Point stabilization control of a car-like mobile robot in hierarchical skew symmetry chained form

Nonholonomic properties most commonly arise in mechanical systems where the non-integrable constraints are imposed on the motions, i.e. the constraints cannot be written as the time derivatives of some function of the generalized coordinates. Classical examples of nonholonomic control systems include sledges or knife-edge systems that slide on the plane, simple wheels rolling without slipping on a plane and spheres rolling without slipping on a plane. In this paper, we consider a hierarchical controller to point stabilization problem for the so-called skew symmetry chained form nonholonomic car-like mobile robot.

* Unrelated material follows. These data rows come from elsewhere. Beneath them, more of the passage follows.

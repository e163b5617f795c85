//! Who may reach which cells that it couldn't before, and who no longer may.
ghost use Rattle.std.specs.Prelude.{◌≡◌, ◌<◌, ℕ, IfOk, IfSome, None, get_or, length, map, slice_get};
ghost use Rattle.meter_theory.specs.Labels.{has};
ghost use Rattle.meter_theory.specs.Plan as plans;
ghost use Rattle.flow_changes.specs.Differences as spec;

use crate::labels::Pair;
use crate::owned::pairs_for;
use crate::reaches::{is_new, is_old};
use cosem_data::clients::ClientSet;
use cosem_data::memory::Memory;
use flow_map::kind::{Change, Kind};
use flow_map::least::LeastMap;
use flow_map::outline::Outline;
use meter_theory::flow::{Label, Reach};
use meter_theory::limits::CLIENTS;
use std::alloc::Global;

/// For each cell of the new side the clients that may influence and learn it, of which those of the old side with their names may not; or
/// the other way round.
pub(crate) fn reach_changes(
    alloc: Global,
    change: Change,
    old: &LeastMap<'_>,
    new: &LeastMap<'_>,
) -> Result<Vec<Label>, Memory>
    ensures { IfOk result (λ labels. spec.AreReachChanges change
        old.now new.now labels.items) }
{
    new.map().known();
    let pairs = pairs_for(alloc, Kind::May, new, old)?;
    let others = namesakes(alloc, new.map().plan(), old.map().plan())?;
    let mut labels = Vec::with_capacity(alloc, pairs.len())?;
    for pair in &pairs {
        labels.push(label_changed(change, &others, pair))?;
    }
    Ok(labels)
}

/// For each client of a plan the place of the one with its name in another plan, if there is one.
fn namesakes(
    alloc: Global,
    plan: &Outline<'_>,
    other: &Outline<'_>,
) -> Result<Vec<Option<u8>>, Memory>
    ensures { IfOk result (λ others. others.items
        ≡ map (λ client. plans.client_named other.now client.name) plan.now.clients) }
{
    plan.known();
    let mut others = Vec::new(alloc);
    for client in 0..plan.client_count() {
        others.push(namesake(plan, client, other))?;
    }
    Ok(others)
}

/// The place in another plan of the client with the name of the one at this place.
fn namesake(plan: &Outline<'_>, client: u8, other: &Outline<'_>) -> Option<u8>
    ensures { IfSome (slice_get plan.now.clients client) (λ who. result ≡ plans.client_named other.now who.name) }
{
    match plan.client(client) {
        Some(who) => other.client_named(who.name()),
        None => None,
    }
}

/// The clients that gain or lose a cell.
fn label_changed(change: Change, others: &[Option<u8>], pair: &Pair) -> Label
    ensures { spec.IsChanged change others.now pair.now result }
{
    Label {
        influence: clients_changed(change, Reach::Influence, others, pair),
        learn: clients_changed(change, Reach::Learn, others, pair),
    }
}

/// The clients that may now influence, or learn, a cell and couldn't before, or the other way round.
fn clients_changed(change: Change, reach: Reach, others: &[Option<u8>], pair: &Pair) -> ClientSet
    ensures { (c : ℕ) → c < CLIENTS →
        has result c ≡ spec.is_changed change reach c (get_or others.now c None) pair.now }
{
    let mut clients = ClientSet::new();
    for client in 0..CLIENTS as u8 {
        let other = namesake_at(others, client);
        if is_changed(change, reach, client, other, pair) {
            clients = clients.with(client);
        }
    }
    clients
}

/// What stands at the place of a client, if there is such a place.
fn namesake_at(others: &[Option<u8>], client: u8) -> Option<u8>
    ensures { result ≡ get_or others.now client None }
{
    match others.get(usize::from(client)) {
        Some(other) => *other,
        None => None,
    }
}

/// Whether a client may now influence, or learn, a cell and couldn't before, or the other way round.
fn is_changed(change: Change, reach: Reach, client: u8, other: Option<u8>, pair: &Pair) -> bool
    ensures { result ≡ spec.is_changed change reach client other pair.now }
{
    match change {
        Change::Gained => is_new(reach, client, other, pair),
        Change::Lost => is_old(reach, client, other, pair),
    }
}
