//! The service access point of a client, and whether it needs a password.
ghost use Rattle.std.specs.Prelude.{◌≡◌, ◌++◌, OnOk, map, option_map};
ghost use Rattle.flow_changes.specs.Shown.{shown};
ghost use Rattle.flow_changes.specs.Singles as singles;

use crate::fact::Fact;
use cosem_data::memory::Memory;
use flow_map::outline::ClientOutline;

/// Puts facts behind others: the service access point of a client, unless the other, if it is one, has it too; and that it
/// needs no password, unless the other needs none either.
pub(crate) fn push_client<'a>(
    client: &'a ClientOutline<'a>,
    other: Option<&ClientOutline<'_>>,
    facts: &mut Vec<Fact<'a>>,
) -> Result<(), Memory>
    ensures { let there = option_map (λ client. client.now) other.entry in
        OnOk result (map shown facts.new.items ≡ map shown facts.old.items
        ++ (singles.sap_facts client.now there ++ singles.open_facts client.now there)) }
{
    push_sap(client, other, facts)?;
    push_open(client, other, facts)
}

/// Puts the service access point of a client behind facts, unless the other has it too.
fn push_sap<'a>(
    client: &'a ClientOutline<'a>,
    other: Option<&ClientOutline<'_>>,
    facts: &mut Vec<Fact<'a>>,
) -> Result<(), Memory>
    ensures { OnOk result (map shown facts.new.items ≡ map shown facts.old.items
        ++ singles.sap_facts client.now (option_map (λ client. client.now) other.entry)) }
{
    let sap = client.sap();
    if !is_at(sap, other) {
        let client = client.name_text();
        facts.push(Fact::HasSap { client, sap })?;
    }
    Ok(())
}

/// Puts behind facts that a client needs no password, unless the other needs none either.
fn push_open<'a>(
    client: &'a ClientOutline<'a>,
    other: Option<&ClientOutline<'_>>,
    facts: &mut Vec<Fact<'a>>,
) -> Result<(), Memory>
    ensures { OnOk result (map shown facts.new.items ≡ map shown facts.old.items
        ++ singles.open_facts client.now (option_map (λ client. client.now) other.entry)) }
{
    if !client.needs_password() && !is_open(other) {
        let client = client.name_text();
        facts.push(Fact::IsOpen { client })?;
    }
    Ok(())
}

/// Whether the client, if it is one, has this service access point.
fn is_at(sap: u8, client: Option<&ClientOutline<'_>>) -> bool
    ensures { result ≡ singles.is_at sap (option_map (λ client. client.now) client.entry) }
{
    match client {
        Some(client) => sap == client.sap(),
        None => false,
    }
}

/// Whether the client, if it is one, needs no password.
fn is_open(client: Option<&ClientOutline<'_>>) -> bool
    ensures { result ≡ singles.is_open (option_map (λ client. client.now) client.entry) }
{
    match client {
        Some(client) => !client.needs_password(),
        None => false,
    }
}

Based on the diffeomorphic input-state transformations, we introduce a set of sufficient conditions for determining if a nonlinear kinematic model can be converted to a skew symmetry chained form. Next, a hierarchal controller is developed to incorporate the kinematic skew symmetric form into the dynamic simplified model to achieve global asymptotically stability. In hierarchical controller, we use the adaptive control features to overcome the uncertain dynamic parameters and use the sliding mode techniques to attenuate the effect of external disturbances. Finally, the efficacy of the proposed point stabilization algorithm is illustrated with car-like mobile robots. Simulation results are utilized to illustrate the effectiveness of the proposed control algorithm.